Faith olhou para Nicholas com olhar de repreensão.
– Roupas de couro e de preferência um lugar que faça por encomenda.
– Bom... Eu conheço uma senhora que faz roupas por encomenda. Só comprar o tecido e entregar o desenho.
– Pode ser também. – Pensava Faith se essa tal senhora entenderia o que ela tinha em mente.
E um cabeleireiro? – Perguntou Faith ao reparar que as raízes de seu cabelo estavam começando a descolorir.
– Vampiros vão ao cabeleireiro?
– Meu cabelo precisa ser tingido.
– Tem um salão perto do apartamento que a gente vai ficar... eu corto lá.
– E é bom?
– Eu acho. Apesar de que é um salão afro, eles devem dar um jeito no seu cabelo.
– Tomara...
– Por falar nisso, cabelo maneiro esse seu! Acho difícil moicano combinar com mulher. Mas o seu ficou top.
– Obrigada. – respondeu Faith timidamente.
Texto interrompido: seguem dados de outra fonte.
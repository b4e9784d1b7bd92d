ghost use Rattle.std.specs.Prelude.{◌≡◌, ◌⊎◌, ◌++◌, ℕ, List, IfOk, Option, codes};
ghost use Rattle.outside.specs.Causes.{Counted};
ghost use Rattle.site_build.specs.Ends.{IsFailureOf};
ghost use Rattle.site_build.specs.Session.{WritesEarly};
ghost use Rattle.site_build.specs.declared.ends.Device.TheVariants as device;
ghost use Rattle.pan_top.specs.Builds.{Wrote};
ghost use Rattle.kept_build.specs.Ends.{IsFailure};
ghost use Rattle.pan_top.specs.KeptBuilds.{Closes};
ghost use Rattle.pan_top.specs.Statuses.{IsCut, Says, status_of, status_of_kept};
ghost use Rattle.call_status.specs.declared.status.Status.{Status};

use base::Text;
use call_status::Status;
use kept_build::End as KeptEnd;
use outside::Sink;
use site_build::{End, write};
use std::alloc::{AllocError, Global};

/// The status of a build that ended early.
fn status_of(end: &End) -> Status
    ensures { result ≡ status_of end.now }
{
    match end {
        End::Source => Status::SourceFault,
        End::Shelf | End::Publishing(_) => Status::ShelfFault,
        End::Out => Status::OutFault,
        End::Memory => Status::Memory,
    }
}

/// Writes a line, and gives the status that goes with it, or that of the write that failed.
pub fn say<O: Sink>(out: &mut O, line: &[u8], status: Status) -> Status
    requires { status ≡ Status.OutFault → ⊥ }
    ensures line { Says status line.now result (O.held out.old) (O.held out.new) }
    ensures count { Counted (result ≡ Status.OutFault) (O.fault_count out.old)
        (O.fault_count out.new) }
{
    match write(out, line) {
        Ok(()) => status,
        Err(refused) => status_of(&refused),
    }
}

/// The line of a call that failed on a file of an object.
fn name_line(alloc: Global, object: &Text) -> Result<Vec<u8>, AllocError>
    ensures { IfOk result
        (λ line. line.items ≡ codes "shelf fault " ++ object.now ++ codes "\n") }
{
    let mut line = Vec::new(alloc);
    line.extend_from_slice(b"shelf fault ")?;
    line.extend_from_slice(object.as_str().as_bytes())?;
    line.extend_from_slice(b"\n")?;
    Ok(line)
}

/// Writes that line.
fn say_name<O: Sink>(alloc: Global, object: &Text, out: &mut O) -> Status
    ensures line { Says Status.ShelfFault (codes "shelf fault " ++ object.now ++ codes "\n") result
        (O.held out.old) (O.held out.new) }
    ensures count { Counted (result ≡ Status.OutFault) (O.fault_count out.old)
        (O.fault_count out.new) }
{
    let Ok(line) = name_line(alloc, object) else {
        return Status::Memory;
    };
    say(out, &line, Status::ShelfFault)
}

/// Writes the line of a build's end that came early, and gives the status.
pub fn close_build<O: Sink>(alloc: Global, end: &End, out: &mut O) -> Status
    ensures status { (result ≡ status_of end.now) ⊎ IsCut result }
    ensures text { (text : List ℕ) (old : Option (List ℕ)) → WritesEarly text end.now old
        (O.held out.old) → Wrote text end.now result old (O.held out.new) }
    ensures count { (before : ℕ) → Counted (IsFailureOf device.Out end.now) before
        (O.fault_count out.old) → Counted (result ≡ Status.OutFault) before
        (O.fault_count out.new) }
{
    match end {
        End::Source => say(out, b"source fault\n", Status::SourceFault),
        End::Shelf => say(out, b"shelf fault\n", Status::ShelfFault),
        End::Publishing(object) => say_name(alloc, object, out),
        End::Out => Status::OutFault,
        End::Memory => Status::Memory,
    }
}

/// Writes the line of an end of a build with a keeper that came early, and gives the status.
pub fn close_kept<O: Sink>(alloc: Global, end: &KeptEnd, out: &mut O) -> Status
    ensures status { (result ≡ status_of_kept end.now) ⊎ IsCut result }
    ensures closes { Closes end.now result (O.held out.old) (O.held out.new) }
    ensures count { (before : ℕ) → Counted (IsFailure device.Out end.now) before
        (O.fault_count out.old) → Counted (result ≡ Status.OutFault) before
        (O.fault_count out.new) }
{
    match end {
        KeptEnd::Build(end) => close_build(alloc, end, out),
        KeptEnd::Keeper => say(out, b"keeper fault\n", Status::KeeperFault),
        KeptEnd::Saving => say(out, b"keeper fault\n", Status::KeeperFault),
        KeptEnd::BadRows => say(out, b"bad rows\n", Status::BadRows),
    }
}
– Chegamos. – disse Nicholas de repente enquanto estacionava o carro em frente a um prédio de quatro andares. A fachada era coberta de pichações e não parecia ter uma portaria ou garagem.
Enquanto descia, Faith observava o ambiente ao redor do prédio e via os olhares curiosos dos homens que a olhavam da cabeça aos pés. Era um bairro bem pobre e certamente perigoso.
– O que achou? – Perguntou Nicholas.
– Não deve chamar a atenção... bem como o senhor Simons queria.
– Pode ser...
– Você conhece essa região?
– Conheço um pessoal daqui.
Nicholas trancou o táxi e se dirigiu para a entrada do prédio. Faith foi logo atrás dele, ainda observando tudo ao redor tentando se familiarizar com o lugar.
Subiram um pequeno lance de escadas, Nicholas destrancou a porta da frente e manteve a porta aberta para Faith passar.
– Sempre deixe trancada. – advertiu Nicholas.
Faith apenas fez um movimento afirmativo com a cabeça.
O pequeno saguão tinha duas portas de cada lado, um elevador e as escadas que subiam e desciam para o porão, onde certamente ficaria a lavanderia, ou algo assim. O elevador estava fora de funcionamento, ao menos era isso que indicava um aviso improvisado escrito a mão em caneta.
– Estragado? – perguntou Faith.
– Sim. E já adianto que não há previsão para concerto.
– Que merda! – disse Faith em voz baixa.
– O que foi?
– Odeio escadas Nicholas... odeio!
– Ah... – Nicholas então se tocou que para Faith subir até o quarto andar com aquela prótese não deveria ser uma tarefa das mais fáceis.
Faith observava a escadaria como se reunisse forças ou até mesmo coragem para enfrentá-la.
– Podemos pedir ao chefe para conseguir um lugar no primeiro andar... – disse Nicholas com a voz tranquila.
– Pode deixar... eu me viro... não vamos incomodar o senhor Simons por causa dessa besteira...
– Tem certeza?
– Sim... eu consigo! Não precisa me tratar como uma deficiente.